I have decided I would like to keep him and get him a pigeon friend but I need some questions answered and some opinions. 

The first question is how on earth do you sex a pigeon!? I know they don't really have visual tells. This is not something I want to get wrong, I would hate to have to end up with two males and them fighting. 

I am using sani-chips, on the other forum someone said shavings can cause issues, but I could not find much to support this and I have used this style of bedding for years with all of my small animals (snakes, birds, mice, etc), never once have had an issue even when it has been ingested. If the general consensus is that I should change it I will suck it up and do so  

Next is about my building design which is as follows:

I will be keeping them outdoors and I do live in Canada, however the area that I am in is know for its modest weather. It only snowed twice here and stuck around for only a couple of days. I have read mixed reviews as to whether or not they need a heat source in winter, opinions?

It will have the nesting area full sectioned off (if I can make it work). I would also likely add a large door with some acrylic windows so that some light will still get in there. The back wall will be solid to help protect against bad weather. The brown part (right side of pic bellow) is where I was trying to figure out if it should be solid or mesh, I was thinking solid to again fend off weather, but then mesh to allow for air flow and more light? The front will be mesh with a large door for easy cleaning.

It will have a water tight roof with a long window to let light in. I was thinking about making this removable so that when its nice out they can get all of the sun they need and when the weather is bad I can just pop it back on. Not fully decided on this one as it will add some complications to work around. 

I am going to put a shelf along the back and scatter perches around.

The floor will be solid and covered with vinyl flooring so it can be disinfected. I will likely put vinyl flooring on the back shelf as well as the surfaces in the nesting area so they can be disinfected. 

The location will be right outside of the sliding glass doors that lead out of my bedroom. Its sunken in and has a rock wall to the backside. In this way they will be well sheltered from the elements. Its also rather convenient because I can just reach out and feed them with ease.

There will also be vents along the bottom back wall and along the top, as well as one or two along the top in the nesting area. Is this enough or should I use more? Where is the best location given the design below?

Also the plans below are rough and not to scale so please keep that in mind! The flight area will likely be larger than was is pictured. It will be more slender and tall than wide and short. I will post with my planned measurements once I figure those out. 

Ideas? Thoughts? Comments? All are welcome and appreciated! Thanks in advance. 

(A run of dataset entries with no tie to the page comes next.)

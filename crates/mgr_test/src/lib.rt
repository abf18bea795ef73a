//! Calls of libraries that no program shows: devices that are counted, exchanges that are cut off,
//! lines that are lent, runs at stores that are nearly full, writes in blocks, plans that no key
//! leads to, cursors that no window shows, frames and texts that are not flushed, saves over a port
//! that refuses, files over a disk that fails, paths of a folder, stores and logs that are
//! compacted, notes that are mended, logs that are read by their names, with what is counted in
//! them, reports that are read, and a status in full.
#![tactic(auto)]

#[cfg(test)]
mod compactions;
#[cfg(test)]
mod cuts;
#[cfg(test)]
mod devices;
#[cfg(test)]
mod folders;
#[cfg(test)]
mod joins;
#[cfg(test)]
mod lines;
#[cfg(test)]
mod mended;
#[cfg(test)]
mod mendings;
#[cfg(test)]
mod notes;
#[cfg(test)]
mod plans;
#[cfg(test)]
mod reports;
#[cfg(test)]
mod runs;
#[cfg(test)]
mod saves;
#[cfg(test)]
mod screens;
#[cfg(test)]
mod sending;
#[cfg(test)]
mod sessions;
#[cfg(test)]
mod shows;
#[cfg(test)]
mod statuses;
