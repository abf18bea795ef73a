//! Runs of insertions, which a store that is nearly full takes whole or not at all.
use rga_exchange::{Counted, read_log};
use rga_store::{Taker, TextStore};
use rga_tree::TreeStore;
use std::alloc::Global;
use test_fixtures::{prints, store_of, store_shows};

const HELLO: &str = r#"{"id":[1,2],"op":"run","parent":[0,0],"text":"hello"}"#;

/// Whether this is answered to a log of the run `hello` alone, whose line ends without a newline.
fn answers<T: Taker>(alloc: Global, taker: &mut T, answer: &str) -> bool {
    let mut reader = Counted::new(HELLO.as_bytes());
    prints(alloc, &read_log(alloc, taker, &mut reader), answer)
}

/// A limit, the operations that a store of this limit took, what it answers, the text that it then
/// shows, and how many identifiers it knows.
type Row = (usize, &'static str, &'static str, &'static str, usize);

/// Whether such a store takes the run so.
fn takes<S: TextStore>(alloc: Global, row: &Row) -> bool {
    match store_of::<S>(alloc, row.0, row.1) {
        Ok(mut store) => {
            answers(alloc, &mut store, row.2)
                && store_shows(alloc, &store, row.3)
                && store.known() == row.4
        }
        Err(_) => false,
    }
}

/// What is answered where the third element of the run is another one.
const CONFLICT: &str = "Err(Refused(1, Conflict(Id { counter: 3, replica: 2 })))";

#[test]
fn a_run_is_taken_whole_or_not_at_all(rt: HostRuntime) {
    const ROWS: &[Row] = &[
        (5, "", "Ok(Bare)", "hello", 5),
        (5, "h1.2<0.0 e2.2<1.2", "Ok(Bare)", "hello", 5),
        (4, "h1.2<0.0 e2.2<1.2", "Err(Refused(1, Full))", "he", 2),
        (3, "z3.2<0.0", CONFLICT, "z", 1),
    ];
    for row in ROWS {
        assert!(rt; takes::<TreeStore>(rt.alloc(), row), "{}", row.2);
    }
}
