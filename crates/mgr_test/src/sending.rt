//! Lines that are appended, to devices that count their writes, take a part of the bytes, or fail.
use rga_exchange::{Counted, SendFault, append_log};
use rga_lines::{LineFault, write_line};
use rga_ops::{Op, Refusal};
use std::alloc::Global;
use std::process::Abort;
use test_fixtures::{Narrow, chain};

/// So many insertions, each behind the last.
fn chained(alloc: Global, count: u64) -> Result<Vec<Op>, Refusal> {
    chain(alloc, (1, 7), (0, 0), count, '\u{e9}')
}

/// The lines of these operations, each written alone.
fn lines_of(alloc: Global, ops: &[Op]) -> Result<String, LineFault> {
    let mut text = String::new(alloc);
    for op in ops {
        push_line(alloc, &mut text, op)?;
    }
    Ok(text)
}

fn push_line(alloc: Global, text: &mut String, op: &Op) -> Result<(), LineFault> {
    text.push_str(&write_line(alloc, op)?)?;
    text.push_str("\n")?;
    Ok(())
}

/// A device that has room for so many bytes, and takes at most so many in a write.
pub(crate) fn device(alloc: Global, room: usize, most: usize, flushes: bool) -> Narrow {
    Narrow {
        taken: Vec::new(alloc),
        room,
        most,
        writes: 0,
        flushes,
    }
}

/// Whether these operations are appended as their lines, in blocks of 65536 bytes.
fn are_written_in_blocks(alloc: Global, ops: &[Op]) -> Result<bool, LineFault> {
    let text = lines_of(alloc, ops)?;
    let mut writer = Counted::new(device(alloc, 1000000, 1000000, true));
    let answer = append_log(alloc, ops, &mut writer);
    let Narrow { taken, writes, .. } = writer.into_inner();
    let blocks = text.len().div_ceil(65536);
    Ok(answer == Ok(5000) && taken.as_slice() == text.as_bytes() && writes == blocks)
}

#[test]
fn many_lines_are_written_in_few_blocks(rt: HostRuntime) {
    let ops = chained(rt.alloc(), 5000).expect(&rt, "a chain");
    assert!(rt; are_written_in_blocks(rt.alloc(), &ops) == Ok(true));
}

/// Whether lines are answered as expected, the device counts as failed where that is a fault, and it
/// took as much of the text as it had room for.
pub(crate) fn is_filled(
    writer: Counted<Narrow>,
    room: usize,
    answer: Result<u64, SendFault>,
    expected: Result<u64, SendFault>,
    text: &str,
) -> bool {
    let counted = writer.failures() == u64::from(expected.is_err());
    let taken = writer.into_inner().taken;
    answer == expected && counted && taken.len() == room && text.as_bytes().starts_with(&taken)
}

/// Whether this is answered where these operations are appended to a device.
fn fills(
    alloc: Global,
    ops: &[Op],
    device: Narrow,
    expected: Result<u64, SendFault>,
    text: &str,
) -> bool {
    let room = device.room;
    let mut writer = Counted::new(device);
    let answer = append_log(alloc, ops, &mut writer);
    is_filled(writer, room, answer, expected, text)
}

/// Whether devices with room for all lines and for fewer, that take few bytes in a write, many, or
/// none more, answer so.
fn fill(rt: &impl Abort, alloc: Global, ops: &[Op], text: &str) {
    let all = text.len();
    for (room, most, flushes, answer) in [
        (all, 7, true, Ok(3000)),
        (all, 65536, false, Err(SendFault::Write)),
        (all.saturating_sub(1), 65536, true, Err(SendFault::Write)),
        (70000, 7, true, Err(SendFault::Write)),
        (0, 1, true, Err(SendFault::Write)),
    ] {
        let device = device(alloc, room, most, flushes);
        assert!(rt; fills(alloc, ops, device, answer, text), "{room} by {most}");
    }
}

#[test]
fn devices_that_take_part_of_the_bytes_or_fail(rt: HostRuntime) {
    let ops = chained(rt.alloc(), 3000).expect(&rt, "a chain");
    let text = lines_of(rt.alloc(), &ops).expect(&rt, "its lines");
    fill(&rt, rt.alloc(), &ops, &text);
}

Sorry for the long post I just wanted to make sure I got all of the details in  Pictures of the pigeon (who I have named Dubbs for now) are from the day I got him, he is in a much bigger space now and not so puffed up! Will post new pics soon.


----------



## shrihari ramesh (Feb 16, 2012)

actually it is very tough to tell the sex of the bird.but there is a method used which is known only by some of them.


lift the bird and hold its beak.
now leave the bird but one hand holding its beak.
if the neck of the bird goes down long by 5cm,THEN IT IS A FEMALE.

if it goes down short than 5cm ,IT IS A MALE.


----------



## jameswaller (Nov 4, 2008)

*pigeon housing*



HeatherW said:


> My name is Heather, I am 21, and I rescued a pigeon last week. He was outside the door of a local A&W when I went to go get some food for my sisters dinner. I asked the girl at the counter how long he had been there and to my dismay she said several days! I walked right up to him, picked him up, popped him into a box and took him home.
> 
> For a more detailed account go here:
> http://www.pigeonangels.com/t3046-found-pigeon-with-slightly-droopy-wing
> ...


aren,t these little guys a riot,,just look at the picture--putting on the ritz,--good cage idea--cosider power,heating,venting,water--rat/-predator proofing--and enjoy,,sincerely james waller


----------



## Michy (Jul 29, 2011)

Oh my gosh! That pigeon is a cutie!!! I found out the sex of my homer by cheating and taking her to a breeder  Looks like a great enclosure you plan on constructing! Keep sending pics!!


----------



## Lefty07 (Dec 30, 2009)

*Wing injury?*

Have you been able to get him into a vet yet? A droopy wing sounds like a break or sprain. It really needs to be x-rayed and set quickly though, especially if it's a break or it may not heal correctly.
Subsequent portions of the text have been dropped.